Myths about Varicose Veins

Myths about Varicose Veins

Modern vein therapy, like many medical therapies and procedures, has become minimally invasive. Procedures are most often performed in a clinic and patients go home, back to work, or even shopping or out to lunch immediately afterwards depending on the procedure and the patient. In the dark historical days of varicose vein therapy, the mainstay of vein treatment was a surgical procedure called “vein stripping” which was performed by making large incisions along the length of vein to be removed.

The surgery of vein stripping was performed in a hospital, required general anesthesia, and was followed by a hospital admission for pain control and then a prolonged recovery. The surgery resulted in large incisional scars where the vein had been and unfortunately incited new vein growth. Unfortunately, vein stripping is the procedure most people associate with varicose vein therapy although largely abandoned in the modern era.

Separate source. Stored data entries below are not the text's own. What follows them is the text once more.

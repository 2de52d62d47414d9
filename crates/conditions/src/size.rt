ghost use Rattle.std.specs.Prelude.{◌≡◌, ◌≤◌, IsTrue, length, sum_by};
ghost use Rattle.conditions.specs.meaning.Written.{factor_tokens, is_pattern_within, most_factors, pair_tokens, shape_tokens, sum_tokens, term_tokens};

use crate::condition::{Factor, Term};
use crate::pattern::{Pattern, PatternEdge};
use graph_types::LabelId;

/// Of a condition as it is written with no more parentheses than it needs: how tightly it binds, how many
/// tokens it has, and how many `not` and parentheses are open in it at once. Counts stop at the last `u32`.
#[derive(Clone, Copy)]
pub(crate) struct Size {
    pub(crate) binding: u8,
    pub(crate) tokens: u32,
    pub(crate) depth: u32,
}

impl Size {
    ghost use Rattle.std.specs.Prelude.{ℕ, ◌≡◌, ◌+◌, ◌≤◌, length, min, max};
    ghost use Rattle.conditions.specs.storage.Size.{IsSizeOf};
    ghost use Rattle.conditions.specs.meaning.Written.{WrittenSize, depth_at, tokens_at, written_size_by};
    ghost use Rattle.conditions.specs.declared.condition.Cond.TheOpen as form;

    /// What is no `not`, `and` or `or`.
    pub(crate) fn of_atom(tokens: u32) -> Size
        ensures { IsSizeOf (record { binding = 2; tokens = tokens; depth = 0 }) result }
    {
        Size {
            binding: 2,
            tokens,
            depth: 0,
        }
    }

    /// The negation of a condition of this size.
    pub(crate) fn negated(self) -> Size
        ensures { (c : WrittenSize) → IsSizeOf c self → IsSizeOf (written_size_by (form.Not c)) result }
    {
        let operand = self.at(2);
        Size {
            binding: 2,
            tokens: operand.tokens.saturating_add(1),
            depth: operand.depth.saturating_add(1),
        }
    }

    /// Two conditions with `and` between them.
    pub(crate) fn and(self, other: Size) -> Size
        ensures { (c d : WrittenSize) → IsSizeOf c self → IsSizeOf d other →
            IsSizeOf (written_size_by (form.And c d)) result }
    {
        self.at(1).beside(1, other.at(2))
    }

    /// Two conditions with `or` between them.
    pub(crate) fn or(self, other: Size) -> Size
        ensures { (c d : WrittenSize) → IsSizeOf c self → IsSizeOf d other →
            IsSizeOf (written_size_by (form.Or c d)) result }
    {
        self.at(0).beside(0, other.at(1))
    }

    /// With parentheses, where it binds less than its place asks.
    fn at(self, asked: u8) -> Size
        ensures { (c : WrittenSize) → IsSizeOf c self →
            IsSizeOf (record { binding = c.binding; tokens = tokens_at asked c; depth = depth_at asked c }) result }
    {
        if self.binding < asked {
            Size {
                binding: self.binding,
                tokens: self.tokens.saturating_add(2),
                depth: self.depth.saturating_add(1),
            }
        } else {
            self
        }
    }

    /// Both with a word between them.
    fn beside(self, binding: u8, other: Size) -> Size
        ensures { (c d : WrittenSize) → IsSizeOf c self → IsSizeOf d other →
            IsSizeOf (record { binding = binding; tokens = c.tokens + 1 + d.tokens; depth = max c.depth d.depth }) result }
    {
        Size {
            binding,
            tokens: self.tokens.saturating_add(1).saturating_add(other.tokens),
            depth: self.depth.max(other.depth),
        }
    }
}

/// The tokens of a sum.
pub(crate) fn sum_tokens(sum: &[Factor]) -> u32
    requires { length sum.now ≤ most_factors }
    ensures tokens { result ≡ sum_tokens sum.now }
    ensures few { result ≤ 143 }
{
    let pluses = sum.len().saturating_sub(1) as u32;
    tokens_of_all(sum) + pluses
}

fn tokens_of_all(sum: &[Factor]) -> u32
    requires { length sum.now ≤ most_factors }
    ensures { result ≡ sum_by factor_tokens sum.now }
{
    sum.iter().map(factor_tokens).sum()
}

fn factor_tokens(factor: &Factor) -> u32
    ensures tokens { result ≡ factor_tokens factor.now }
    ensures few { result ≤ 8 }
{
    let before = if factor.times == 1 { 0 } else { 2 };
    term_tokens(factor.term) + before
}

fn term_tokens(term: Term) -> u32
    ensures tokens { result ≡ term_tokens term }
    ensures few { result ≤ 6 }
{
    match term {
        Term::Vertices(Some(_)) | Term::Edges(Some(_)) => 4,
        Term::Joins(_, _) => 6,
        _ => 1,
    }
}

/// The tokens of a shape with this pattern.
pub(crate) fn shape_tokens(pattern: &Pattern) -> u32
    requires { IsTrue (is_pattern_within pattern.now) }
    ensures { result ≡ shape_tokens pattern.now }
{
    let labels = pattern.labels.len() as u32;
    let commas = labels.saturating_sub(1) + pattern.edges.len().saturating_sub(1) as u32;
    4 + labels + tokens_of_pairs(&pattern.edges) + commas
}

fn tokens_of_pairs(edges: &[PatternEdge]) -> u32
    requires { length edges.now ≤ 72 }
    ensures { result ≡ sum_by pair_tokens edges.now }
{
    edges.iter().map(pair_tokens).sum()
}

fn pair_tokens(edge: &PatternEdge) -> u32
    ensures tokens { result ≡ pair_tokens edge.now }
    ensures few { result ≤ 3 }
{
    if edge.label == LabelId(0) { 2 } else { 3 }
}
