//! What the script of every seed has.

ghost use Rattle.std.specs.Prelude.{◌≡◌, ℕ, length, nat_lt, true};
ghost use Rattle.std.specs.List.{IsDistinct, list_all};
ghost use Rattle.std.specs.Str.{bytes_eq};
ghost use Rattle.script_text.specs.Shown.{is_shown_name};
ghost use Rattle.workload.specs.Workload.{workload};

/// Every workload is a script as one that is read: its names can be shown, they differ, each line is a session's, and the
/// lines are few.
pub fn law_of_workload()
    ensures shown { (seed : ℕ) → list_all is_shown_name (workload seed).names ≡ true }
    ensures distinct { (seed : ℕ) → IsDistinct bytes_eq (workload seed).names }
    ensures sessions { (seed : ℕ) → list_all (λ line. nat_lt line.session (length (workload seed).names)) (workload seed).lines ≡ true }
    ensures lines { (seed : ℕ) → length (workload seed).lines ≡ 4968 }
{}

Two of the three main treatment modalities for treatment of varicose veins in the legs require no incisions. Endovenous thermal ablation (termed EVTA) uses some variation of heat energy to close the large caliber and straight source veins that are usually the source for additional varicose veins with a single 3mm access site low in the leg with additional injections for local anesthesia. After the larger straight veins have been treated with EVTA, sclerotherapy with ultrasound guidance is performed by injecting medication with very small caliber needles directly into the varicose veins closing the veins. Sclerotherapy is utilized to treat veins that are either too tortuous or small to treat with EVTA. Cosmetic sclerotherapy can also be used to treat spider and reticular veins with direct visual access by incredibly small needles, ambulatory phlebectomy, which does require very small incisions, is reserved for remaining visibly bulging veins that remain after the other therapies that might cause skin staining if not removed as part of the treatment. Ambulatory phlebectomy (abbreviated AP) requires a series of very small incisions 1-3mm in length which allow a phlebectomy tool to reach the vein and pull it to the skin surface. A significant portion of patients do not require AP at all by the time the other procedures have been done. AP is done in the clinic with local anesthesia supplemented by an oral anxiolytic medication such as Valium or nitrous oxide gas. The procedure is well tolerated and most patients watch an overhead TV or play on their phone while we work. The large majority of patients are back to regular activities quickly. The incisions are so small that they leave minimal, if any, scars.